Odd isn’t how the world’s biggest gold bugs in 2018 weren’t the mad rightwing survivalists, Arabs, mysterious billionaires from China or India or hard money nuts or cryptocurrency maniacs.
No, it was good old boring sedate central bankers who proved to be the gold bugs of the year in 2018 – especially from Russian, India and China and their buying spree more than offset a sharp slide in demand from investors until the last month or so of the year.
The trend has been emerging in each report from the World Gold Council (WGC) and the 4th and final report on gold demand trends for 2018, released on Thursday made it very clear that without the buying from central banks last year, gold prices would have slumped badly.
In fact, the WGC report confirmed that central bank buying of gold reached its highest levels for almost half a century last year as Russia, Turkey, and Kazakhstan boosted purchases to shift their reserves away from the US dollar.
Central banks bought a net $US27 billion worth of gold, driven by Russia, whose net purchases were the highest on record, according to the World Gold Council 4th quarter report.
Central bank purchases last year amounted to 651.5 tonnes, an increase of 74% on the previous year and the highest since 1971 when President Richard Nixon suspended the US dollar convertibility into gold (it was abandoned completely in 1976).
The buying reflects continued efforts by emerging market central banks to diversify their large holdings of dollar reserves in the face of rising global trade tensions such as Donald Trump’s trade wars with China Mexico, Canada, and the EU.
Russia bought 274.3 tonnes of gold last year, its biggest net purchase on record, funded by the sale of its holdings of US Treasuries, according to the WGC.
“Russia, which is “de-dollarising” its reserves, bought, 274.3t in 2018, funded by the almost total sale of its US Treasuries portfolio. This is the highest level of annual net purchases on record and the fourth consecutive year of +200t purchases. Russia’s gold reserves have increased for 13 consecutive years, growing by 1,726.2t over the period to total 2,113 at the end of the 2018,” The WGC reported..
Net sellers included the central banks of Australia, Germany, Sri Lanka, Indonesia and Ukraine, which sold a combined 15.6 tonnes.
The majority of buying by Russia’s central bank has been from domestic gold production, according to analysts, which allows it to bypass the dollar completely.
Last year some European central banks also entered the market, with Hungary increasing its gold reserves tenfold in October, to 31.5 tonnes, the highest level in nearly 30 years.
Poland also bought 12 tonnes last October.
The Central Bank of Turkey increased gold reserves by 51.5 t in 2018. The WGC said “This is the second consecutive year of net purchases, 40% lower than the 85.9 t it bought in 2017, when it re-entered the market after a nearly 25 year absence.
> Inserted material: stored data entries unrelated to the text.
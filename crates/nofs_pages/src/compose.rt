//! The cells of some pages, put together from a row and from the pages themselves.
//!
//! Promise: where the row has a page, it stands in place of what there is; what can't be told is not shown.
ghost use Rattle.std.specs.Prelude.{◌≡◌, ◌⊎◌, ◌+◌, ◌*◌, ◌/◌, ◌<◌, ◌≤◌, ℕ, IfOk, IsTrue, OnErr, OnOk, length};
ghost use Rattle.nofs_disk.specs.Disk.{Rose};
ghost use Rattle.nofs_pages.specs.Stores.{KeepsCells, Shows};
ghost use Rattle.nofs_pages.specs.Views.{FetchesFirst, FetchesLast, HasTold, IsComposed, ShowsCells, byte_over};

use crate::page::AREA_BYTES;
use crate::row::{Row, put_part};
use crate::store::PageStore;
use nofs_disk::Failed;

/// How many pages have so many bytes of cells.
pub fn pages_of(end: usize) -> usize
    requires { end ≤ 101376 }
    ensures { result ≡ (end + 3167) / 3168 }
{
    (end + (AREA_BYTES - 1)) / AREA_BYTES
}

// Shows the cells of some pages among these, from a place on.
fn show_among<S: PageStore>(
    store: &mut S,
    first: u64,
    count: usize,
    areas: &mut Vec<u8>,
    to: usize,
) -> Result<bool, Failed>
    requires place { first + count ≤ 349526 }
    requires count { count ≤ 32 }
    requires areas { to + 3168 * count ≤ length areas.old.items }
    ensures shows { Shows (S.state store.old) (S.state store.new) first count to areas.old.items areas.new.items
        result }
    ensures told { IfOk result (λ all. IsTrue all → (j : ℕ) → j < count → S.told store.new (first + j)) }
    ensures stays_told { (p : ℕ) → S.told store.old p → S.told store.new p }
    ensures rests { (p : ℕ) → S.rests store.old p → S.rests store.new p }
{
    store.show(first, count, areas.as_mut_slice(), to)
}

/// Puts the cells of a page to a place, from the row or from the pages.
pub fn fetch<S: PageStore>(
    store: &mut S,
    row: &Row,
    number: u64,
    areas: &mut Vec<u8>,
    to: usize,
) -> Result<bool, Failed>
    requires place { number < 349526 }
    requires areas { to + 3168 ≤ length areas.old.items }
    ensures keeps { KeepsCells (S.state store.old) (S.state store.new) }
    ensures rests { (p : ℕ) → S.rests store.old p → S.rests store.new p }
    ensures stays_told { (p : ℕ) → S.told store.old p → S.told store.new p }
    ensures len { length areas.new.items ≡ length areas.old.items }
    ensures cells { IfOk result (λ all. IsTrue all → IsTrue (S.state store.old).tells
        → ShowsCells (byte_over (S.state store.old).bytes row.now) number 1 to areas.old.items areas.new.items) }
    ensures told { IfOk result (λ all. IsTrue all → HasTold (S.told store.new) row.now number 1) }
    ensures cause { OnErr result (Rose (S.state store.old).faults (S.state store.new).faults) }
    ensures no_fault { OnOk result ((S.state store.new).faults ≡ (S.state store.old).faults) }
{
    if row.has(number) {
        row.copy(number, areas, to);
        return Ok(true);
    }
    show_among(store, number, 1, areas, to)
}

/// The cells of some pages, one after the other.
pub fn gather<S: PageStore>(
    store: &mut S,
    row: &Row,
    first: u64,
    count: usize,
    areas: &mut Vec<u8>,
) -> Result<bool, Failed>
    requires place { first + count ≤ 349526 }
    requires count { count ≤ 32 }
    requires areas { length areas.old.items ≡ 101376 }
    ensures keeps { KeepsCells (S.state store.old) (S.state store.new) }
    ensures rests { (p : ℕ) → S.rests store.old p → S.rests store.new p }
    ensures len { length areas.new.items ≡ 101376 }
    ensures cells { IfOk result (λ all. IsTrue all → IsTrue (S.state store.old).tells
        → ShowsCells (byte_over (S.state store.old).bytes row.now) first count 0 areas.old.items areas.new.items) }
    ensures told { IfOk result (λ all. IsTrue all → HasTold (S.told store.new) row.now first count) }
    ensures cause { OnErr result (Rose (S.state store.old).faults (S.state store.new).faults) }
    ensures no_fault { OnOk result ((S.state store.new).faults ≡ (S.state store.old).faults) }
{
    if row.is_apart(first, count) {
        return show_among(store, first, count, areas, 0);
    }
    for at in 0..count {
        if !fetch(store, row, first + at as u64, areas, AREA_BYTES * at)? {
            return Ok(false);
        }
    }
    Ok(true)
}

// Fetches the first page that some bytes go to, where they don't go to all of it.
fn fetch_first<S: PageStore>(
    store: &mut S,
    row: &Row,
    first: u64,
    offset: usize,
    end: usize,
    areas: &mut Vec<u8>,
) -> Result<bool, Failed>
    requires place { first < 349526 }
    requires areas { length areas.old.items ≡ 101376 }
    ensures keeps { KeepsCells (S.state store.old) (S.state store.new) }
    ensures rests { (p : ℕ) → S.rests store.old p → S.rests store.new p }
    ensures len { length areas.new.items ≡ 101376 }
    ensures cells { IfOk result (λ all. IsTrue all → IsTrue (S.state store.old).tells
        → FetchesFirst (byte_over (S.state store.old).bytes row.now) first offset end areas.new.items) }
    ensures cause { OnErr result (Rose (S.state store.old).faults (S.state store.new).faults) }
    ensures no_fault { OnOk result ((S.state store.new).faults ≡ (S.state store.old).faults) }
{
    if offset > 0 || end < AREA_BYTES {
        fetch(store, row, first, areas, 0)
    } else {
        Ok(true)
    }
}

// Fetches the last of several pages that some bytes go to, where they don't go to all of it.
fn fetch_last<S: PageStore>(
    store: &mut S,
    row: &Row,
    first: u64,
    count: usize,
    end: usize,
    areas: &mut Vec<u8>,
) -> Result<bool, Failed>
    requires place { first + count ≤ 349526 }
    requires count { count ≤ 32 }
    requires areas { length areas.old.items ≡ 101376 }
    ensures keeps { KeepsCells (S.state store.old) (S.state store.new) }
    ensures rests { (p : ℕ) → S.rests store.old p → S.rests store.new p }
    ensures len { length areas.new.items ≡ 101376 }
    ensures cells { IfOk result (λ all. IsTrue all → IsTrue (S.state store.old).tells
        → FetchesLast (byte_over (S.state store.old).bytes row.now) first count end areas.old.items areas.new.items) }
    ensures cause { OnErr result (Rose (S.state store.old).faults (S.state store.new).faults) }
    ensures no_fault { OnOk result ((S.state store.new).faults ≡ (S.state store.old).faults) }
{
    if count > 1 && end < AREA_BYTES * count {
        let last = count - 1;
        fetch(store, row, first + last as u64, areas, AREA_BYTES * last)
    } else {
        Ok(true)
    }
}

/// Puts together the cells of the pages that some bytes go to, with them.
pub fn compose<S: PageStore>(
    store: &mut S,
    row: &Row,
    first: u64,
    offset: usize,
    from: &[u8],
    areas: &mut Vec<u8>,
) -> Result<bool, Failed>
    requires some { 0 < length from.now }
    requires offset { offset < 3168 }
    requires fits { offset + length from.now ≤ 101376 }
    requires place { 3168 * first + offset + length from.now ≤ 1107296256 }
    requires areas { length areas.old.items ≡ 101376 }
    ensures keeps { KeepsCells (S.state store.old) (S.state store.new) }
    ensures rests { (p : ℕ) → S.rests store.old p → S.rests store.new p }
    ensures len { length areas.new.items ≡ 101376 }
    ensures composed { IfOk result (λ all. IsTrue all → IsTrue (S.state store.old).tells
        → IsComposed (byte_over (S.state store.old).bytes row.now) first offset from.now areas.new.items) }
    ensures cause { OnErr result (Rose (S.state store.old).faults (S.state store.new).faults) }
    ensures no_fault { OnOk result ((S.state store.new).faults ≡ (S.state store.old).faults) }
{
    let end = offset + from.len();
    let begins = fetch_first(store, row, first, offset, end, areas)?;
    let ends = fetch_last(store, row, first, pages_of(end), end, areas)?;
    put_part(areas, offset, from);
    Ok(begins && ends)
}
“This y-o-y decline was exacerbated by a 16t reduction in gold reserves in November. Since May 2017 Turkish gold reserves have increased by 137.4 t.3
“Kazakhstan’s gold reserves rose 50.6t in 2018, to 350.4t. 2018 marks the eighth consecutive annual increase. On a monthly basis, gold reserves have risen for 75 consecutive months, with net purchases totalling an impressive 246.4t over that period.
And having been dormant since October 2016, China announced that its gold reserves had increased by just under 10t in December, to 1,852.2t.
Indian net purchases were began in March and picked up in the second half of the year. In total, gold reserves rose by 40.5t, the highest annual growth since the purchase of 200 tonnes from the IMF in 2009.
Overall the WGC said demand for g last year reached 4,345.1t, up from 4,159.9t in 2017 and in line with the five-year average of 4,347.5t.
The central bank splurge “ rove growth” in 2018, the WGC said and helped offset weak inflows into investment products which improved towards the end of the year.
“Demand was bumped up in Q4 by 112.4t of ETF inflows, but annual inflows into these products (of 68.9t) were 67% lower than 2017,” the Council said.
“Investment in bars and coins accelerated in the second half of the year, up 4% to 1,090.2t in 2018. Full year jewellery demand was steady at 2,200t.
“Gold used in technology climbed marginally to 334.6t in 2018, although growth ran out of steam in Q4.
“Annual gold supply firmed slightly to 4,490.2t, with mine production inching up to a new high of 3,364.9t,” The WGC said.